### DATA RECORDS
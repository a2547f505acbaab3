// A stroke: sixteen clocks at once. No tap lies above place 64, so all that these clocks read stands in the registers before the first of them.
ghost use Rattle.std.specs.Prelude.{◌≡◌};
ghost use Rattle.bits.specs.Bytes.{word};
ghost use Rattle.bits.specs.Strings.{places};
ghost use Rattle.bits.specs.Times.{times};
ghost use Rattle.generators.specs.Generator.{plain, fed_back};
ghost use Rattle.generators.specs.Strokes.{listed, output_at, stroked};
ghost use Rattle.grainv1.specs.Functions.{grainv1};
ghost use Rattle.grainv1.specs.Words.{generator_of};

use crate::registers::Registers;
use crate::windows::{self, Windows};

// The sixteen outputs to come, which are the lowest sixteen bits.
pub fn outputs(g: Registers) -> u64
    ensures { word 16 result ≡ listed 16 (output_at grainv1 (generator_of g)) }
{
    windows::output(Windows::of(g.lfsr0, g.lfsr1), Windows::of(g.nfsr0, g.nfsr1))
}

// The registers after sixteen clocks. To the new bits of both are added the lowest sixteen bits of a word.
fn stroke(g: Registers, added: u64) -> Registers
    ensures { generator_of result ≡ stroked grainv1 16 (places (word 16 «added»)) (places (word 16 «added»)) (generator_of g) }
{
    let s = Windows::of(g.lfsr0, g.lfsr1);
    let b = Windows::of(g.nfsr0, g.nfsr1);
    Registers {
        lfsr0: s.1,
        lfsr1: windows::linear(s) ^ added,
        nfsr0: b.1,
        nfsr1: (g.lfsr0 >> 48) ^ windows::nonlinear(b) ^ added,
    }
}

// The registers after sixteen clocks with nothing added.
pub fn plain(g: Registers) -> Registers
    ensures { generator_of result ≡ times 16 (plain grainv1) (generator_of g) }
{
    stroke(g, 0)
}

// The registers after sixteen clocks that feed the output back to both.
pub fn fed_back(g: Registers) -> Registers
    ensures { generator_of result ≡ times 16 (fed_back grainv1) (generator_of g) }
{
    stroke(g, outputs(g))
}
######
Exactly as they stand above, write out all the entries again.

repository a2547f505acbaab3
// A stroke: sixteen clocks at once. No tap lies above place 64, so all that these clocks read stands in the registers before the first of them.
ghost use Rattle.std.specs.Prelude.{◌≡◌};
ghost use Rattle.bits.specs.Bytes.{word};
ghost use Rattle.bits.specs.Strings.{places};
ghost use Rattle.bits.specs.Times.{times};
ghost use Rattle.generators.specs.Generator.{plain, fed_back};
ghost use Rattle.generators.specs.Strokes.{listed, output_at, stroked};
ghost use Rattle.grainv1.specs.Functions.{grainv1};
ghost use Rattle.grainv1.specs.Words.{generator_of};

use crate::registers::Registers;
use crate::windows::{self, Windows};

// The sixteen outputs to come, which are the lowest sixteen bits.
pub fn outputs(g: Registers) -> u64
    ensures { word 16 result ≡ listed 16 (output_at grainv1 (generator_of g)) }
{
    windows::output(Windows::of(g.lfsr0, g.lfsr1), Windows::of(g.nfsr0, g.nfsr1))
}

// The registers after sixteen clocks. To the new bits of both are added the lowest sixteen bits of a word.
fn stroke(g: Registers, added: u64) -> Registers
    ensures { generator_of result ≡ stroked grainv1 16 (places (word 16 «added»)) (places (word 16 «added»)) (generator_of g) }
{
    let s = Windows::of(g.lfsr0, g.lfsr1);
    let b = Windows::of(g.nfsr0, g.nfsr1);
    Registers {
        lfsr0: s.1,
        lfsr1: windows::linear(s) ^ added,
        nfsr0: b.1,
        nfsr1: (g.lfsr0 >> 48) ^ windows::nonlinear(b) ^ added,
    }
}

// The registers after sixteen clocks with nothing added.
pub fn plain(g: Registers) -> Registers
    ensures { generator_of result ≡ times 16 (plain grainv1) (generator_of g) }
{
    stroke(g, 0)
}

// The registers after sixteen clocks that feed the output back to both.
pub fn fed_back(g: Registers) -> Registers
    ensures { generator_of result ≡ times 16 (fed_back grainv1) (generator_of g) }
{
    stroke(g, outputs(g))
}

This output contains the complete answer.